Cincinnati Children's Hospital Medical Center, Division of Pulmonary Medicine, Cincinnati, Ohio, USA.
Department of Pediatrics, University of Cincinnati College of Medicine, Cincinnati, Ohio, USA.
Pediatr Pulmonol. 2023 Dec;58(12):3458-3465. doi: 10.1002/ppul.26676. Epub 2023 Sep 13.
Sleep disordered breathing (SDB) may exacerbate asthma and is a treatable comorbidity.

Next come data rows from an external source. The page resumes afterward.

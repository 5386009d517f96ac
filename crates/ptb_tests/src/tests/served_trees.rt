// This file tests requests for tables of chances, for the lists that split all runs, and for samples.

use crate::tests::replies::{Kind, RUN, ServedRow, expect_served_rows, row, rows};
use ptb_explore::Form;
use std::test::Fail;

const TABLES: &[ServedRow<'static>] = rows! {
    (b"", b"CHANCE 1/1 1 END 0\n\n", 0, kind = Kind::Chances),
    (b"10 A=RND(2);IF A=2 A=RND(3)\n20 P.#1,A",
     b"CHANCE 2/3 2 END 1\n1\nCHANCE 1/6 1 END 1\n2\nCHANCE 1/6 1 END 1\n3\n", 0, kind = Kind::Chances),
    (b"10 A=RND(2)\n20 IF A=1 GOTO 10", b"CHANCE 3/4 2 END 0\n\nCHANCE 1/4 1 LIMIT 0\n\n", 0, kind = Kind::Chances,
     steps = 5),
    // a minus sign comes before the digits
    (b"10 F.I=1TO4;A=A+RND(2)*2-3;N.I;P.#1,A",
     b"CHANCE 1/4 4 END 2\n-2\nCHANCE 1/16 1 END 2\n-4\nCHANCE 3/8 6 END 1\n0\nCHANCE 1/4 4 END 1\n2\n\
      CHANCE 1/16 1 END 1\n4\n", 0, kind = Kind::Chances),
    // by the endings first, then by the lines
    (b"10 A=RND(3);P.#1,A;IF A=1 STOP\n20 IF A=2 P.1/0",
     b"CHANCE 1/3 1 END 1\n3\nCHANCE 1/3 1 STOP 1\n1\nCHANCE 1/3 1 HOW 16\n20 IF A=2 P.1/0?\n", 0,
     kind = Kind::Chances),
    (b"10 INPUT A;P.#1,A", b"CHANCE 1/2 1 END 1\n1\nCHANCE 1/2 1 END 1\n2\n", 0, kind = Kind::Chances,
     input = b"RND(2)\n"),
    (b"10 INPUT A", b"CHANCE 1/2 1 END 3\nA:1\nCHANCE 1/2 1 END 3\nA:2\n", 0, kind = Kind::Chances, choose = Some(2)),
    (b"10 INPUT A;P.RND(2)", b"CHANCE 1/1 1 NOINPUT 2\nA:\n", 0, kind = Kind::Chances),
};

// The chances of all results.
#[test]
fn tables_of_chances(rt: HostRuntime) -> Result<(), Fail> {
    expect_served_rows(&rt, rt.alloc(), TABLES)?;
    Ok(())
}

const SPLITS: &[ServedRow<'static>] = rows! {
    (b"10 A=RND(2);IF A=2 B=RND(3);PRINT B", b"1/2\n2/2\n", 0, kind = Kind::Shares(1, Form::Two)),
    (b"10 A=RND(2);IF A=2 B=RND(3);PRINT B", b"1/2\n2/2,1/3\n2/2,2/3\n2/2,3/3\n", 0,
     kind = Kind::Shares(2, Form::Two)),
    (b"10 A=RND(2);IF A=2 B=RND(3);PRINT B", b"1\n2,1\n2,2\n2,3\n", 0, kind = Kind::Shares(9, Form::One)),
    (b"", b"none\n", 0, kind = Kind::Shares(1, Form::Two)),
    (b"10 P.RND(2)", b"none\n", 0, kind = Kind::Shares(0, Form::Two)),
    (b"10 INPUT A;PRINT RND(9)", b"1/2\n2/2\n", 0, kind = Kind::Shares(1, Form::Two), input = b"RND(2)\n"),
    (b"10 INPUT A,B", b"1/3\n2/3\n3/3\n", 0, kind = Kind::Shares(1, Form::Two), choose = Some(3)),
    (b"10 A=RND(2);B=RND(2)", b"1/2\n2/2\n", 0, kind = Kind::Shares(2, Form::Two), steps = 1),
};

// The lists that split the runs.
#[test]
fn lists_that_split(rt: HostRuntime) -> Result<(), Fail> {
    expect_served_rows(&rt, rt.alloc(), SPLITS)?;
    Ok(())
}

const SAMPLES: &[ServedRow<'static>] = rows! {
    (b"10 P.RND(6)", b"RUN 3/6 END 1 7\n     3\n\nRUN 5/6 END 1 7\n     5\n\nRUN 5/6 END 1 7\n     5\n\n", 0,
     kind = Kind::Sample(3, Form::Two)),
    (b"10 P.RND(6)", b"RUN 3 END 1 7\n     3\n\n", 0, kind = Kind::Sample(1, Form::One)),
    (b"10 A=RND(2);IF A=2 B=RND(3);PRINT B",
     b"RUN 1 END 2 0\n\nRUN 1 END 2 0\n\nRUN 1 END 2 0\n\nRUN 2,1 END 4 7\n     1\n\n", 0,
     kind = Kind::Sample(4, Form::One)),
    (b"10 INPUT A", b"RUN 3 END 1 9\nA:RND(6)\n\nRUN 5 END 1 9\nA:RND(6)\n\n", 0, kind = Kind::Sample(2, Form::One),
     input = b"RND(6)\n5\n"),
    (b"10 INPUT A", b"RUN 3/6 END 1 4\nA:3\n\n", 0, kind = Kind::Sample(1, Form::Two), choose = Some(6)),
    (b"10 A=RND(2);GOTO 10", b"RUN 1/2,1/2 LIMIT 3 0\n\n", 0, kind = Kind::Sample(1, Form::Two), steps = 3),
    (b"", b"RUN none END 0 0\n\n", 0, kind = Kind::Sample(1, Form::Two)),
};

// The reports of the runs that a seed draws, one after the other.
#[test]
fn samples(rt: HostRuntime) -> Result<(), Fail> {
    expect_served_rows(&rt, rt.alloc(), SAMPLES)?;
    Ok(())
}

To design and implement a screening process for SDB in patients hospitalized for asthma exacerbation using quality improvement (QI) methods. We sought to improve screening for SDB from zero to 60% from July 2019 to December 2020.
DESIGN/METHODS: A multidisciplinary team used QI methods to screen for SDB using the Michigan pediatric sleep questionnaire (PSQ) in patients 2-18 years hospitalized for asthma exacerbation. Key interventions included: pairing the PSQ screen with another element of routine care (the asthma risk factor screen), educating staff and physicians, engaging respiratory therapists to complete the PSQ and document scores, and modifying the electronic medical record (asthma order set and flowsheet for PSQ score documentation). A run chart tracked progress and descriptive statistics were generated.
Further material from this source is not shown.